WHAT YOU HAVE TO DO:
This exercise calls for copying every line below that holds the word "IfOk".
───── THE DATA ─────
/// Makes a device's last writes durable, and reads the recovered state.
fn begin<D: Disk>(alloc: Global, disk: &mut D) -> Result<Begun, OpenFault>
    ensures shaped { IfOk result (λ begun. IsShaped (D.state disk.new).size begun.found.tail begun.found.index) }
    ensures ends { IfOk result (λ begun. IsAtEnd begun.found.tail begun.found.index) }
    ensures group { IfOk result (λ begun. begun.group ≡ empty_group begun.found.tail.geometry.params.payload) }
    ensures outcomes { IfOk result (λ begun. begun.outcomes.items ≡ []) }
    ensures room { IfOk result (λ begun. 64 ≤ vec_capacity begun.outcomes) }
    ensures logged { (D.state disk.old).honest
        → IfOk result (λ begun. IsLoggedFor (D.state disk.old).seen begun.found.tail begun.found.index) }
    ensures refused { (D.state disk.old).honest → IfErr result (λ fault. IsRefused (D.state disk.old).seen fault) }
    ensures trace { MatchResult result (λ begun. MakesOpening D.state begun.found.tail disk.old disk.new)
        (λ fault. BreaksOpening D.state (open_calls_succeeded fault) disk.old disk.new) }
{
    let Ok(()) = disk.sync() else {
        return Err(OpenFault::Device);
    };
    match recover(alloc, disk) {
        Ok(found) => match make_room(alloc, found.tail.geometry.params.payload) {
            Ok((group, outcomes)) => Ok(Begun {
                found,
                group,
                outcomes,
            }),
            Err(_) => Err(OpenFault::OutOfMemory),
        },
        Err(fault) => Err(fault),
    }
}

/// Allocates the memory that every round needs, for its group with payloads of at most `payload` bytes, and for the
/// outcomes of its calls.
fn make_room(alloc: Global, payload: u64) -> Result<(Group, Vec<Outcome>), AllocError>
    requires { payload ≤ MAX_PAYLOAD }
    ensures group { IfOk result (λ room. room.0 ≡ empty_group payload) }
    ensures outcomes { IfOk result (λ room. room.1.items ≡ []) }
    ensures room { IfOk result (λ room. 64 ≤ vec_capacity room.1) }
{
    let group = Group::new(alloc, payload)?;
    let outcomes = Vec::with_capacity(alloc, MAX_ROUND as usize)?;
    Ok((group, outcomes))
}

/// The number of gates in a `Tail`.
fn law_wide(tail: &Tail)
    ensures { length tail.now.closed ≡ 256 }
{
    let _closed = tail.closed;
}

/// Returns true iff a round has a command.
fn holds_command(calls: &[Call]) -> bool
    ensures { result ≡ holds_command calls.now }
{
    calls.iter().any(|call| matches!(call.ask, Ask::Command(_)))
}
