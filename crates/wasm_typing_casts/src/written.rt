//! Operators on references, and casts, as they are written in a module.

ghost use Rattle.std.specs.Bool.{Decides};
ghost use Rattle.wasm_typing_references.specs.WasmReadersTypes.WasmReadersValues.SeenValues.{heap_of};
ghost use Rattle.wasm_typing_references.specs.WasmOperators.SeenReferences.{reference_of, cast_of};
ghost use Rattle.wasm_typing_references.specs.WasmTypingChecks.WasmValidatorResources.Answers.{IsWrittenHeap};
ghost use Rattle.wasm_typing_references.specs.WrittenReferences.{IsWrittenReference};
ghost use Rattle.wasm_typing_casts.specs.WrittenCasts.{IsWrittenCast};

use wasm_typing_references::operators::{CastOperator, ReferenceOperator};
use wasm_typing_references::readers_types::{HeapType, UnpackedIndex};

/// Whether an index in this heap type, if there is one, is a type index of a module.
pub fn is_written_heap(ty: HeapType) -> bool
    ensures { Decides result (IsWrittenHeap (heap_of ty)) }
{
    match ty {
        HeapType::Abstract { shared: _, ty: _ } => true,
        HeapType::Concrete(UnpackedIndex::Module(_)) => true,
        HeapType::Concrete(UnpackedIndex::RecGroup(_) | UnpackedIndex::Id(_)) => false,
        HeapType::Exact(UnpackedIndex::Module(_)) => true,
        HeapType::Exact(UnpackedIndex::RecGroup(_) | UnpackedIndex::Id(_)) => false,
    }
}

/// Whether each index in a type of this operator is a type index of a module.
pub fn is_written_reference(op: ReferenceOperator) -> bool
    ensures { Decides result (IsWrittenReference (reference_of op)) }
{
    match op {
        ReferenceOperator::RefNull { hty } => is_written_heap(hty),
        _ => true,
    }
}

/// Whether each index in a type of this operator is a type index of a module.
pub fn is_written_cast(op: CastOperator) -> bool
    ensures { Decides result (IsWrittenCast (cast_of op)) }
{
    match op {
        CastOperator::RefTestNonNull { hty }
        | CastOperator::RefTestNullable { hty }
        | CastOperator::RefCastNonNull { hty }
        | CastOperator::RefCastNullable { hty }
        | CastOperator::RefCastDescEqNonNull { hty }
        | CastOperator::RefCastDescEqNullable { hty } => is_written_heap(hty),
        CastOperator::RefGetDesc { type_index: _ } => true,
        CastOperator::BrOnCast {
            relative_depth: _,
            from_ref_type,
            to_ref_type,
        }
        | CastOperator::BrOnCastFail {
            relative_depth: _,
            from_ref_type,
            to_ref_type,
        }
        | CastOperator::BrOnCastDescEq {
            relative_depth: _,
            from_ref_type,
            to_ref_type,
        }
        | CastOperator::BrOnCastDescEqFail {
            relative_depth: _,
            from_ref_type,
            to_ref_type,
        } => is_written_heap(from_ref_type.heap_type()) && is_written_heap(to_ref_type.heap_type()),
    }
}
─────
ANSWER:
    ensures shaped { IfOk result (λ begun. IsShaped (D.state disk.new).size begun.found.tail begun.found.index) }
    ensures ends { IfOk result (λ begun. IsAtEnd begun.found.tail begun.found.index) }
    ensures group { IfOk result (λ begun. begun.group ≡ empty_group begun.found.tail.geometry.params.payload) }
    ensures outcomes { IfOk result (λ begun. begun.outcomes.items ≡ []) }
    ensures room { IfOk result (λ begun. 64 ≤ vec_capacity begun.outcomes) }
        → IfOk result (λ begun. IsLoggedFor (D.state disk.old).seen begun.found.tail begun.found.index) }
    ensures group { IfOk result (λ room. room.0 ≡ empty_group payload) }
    ensures outcomes { IfOk result (λ room. room.1.items ≡ []) }
    ensures room { IfOk result (λ room. 64 ≤ vec_capacity room.1) }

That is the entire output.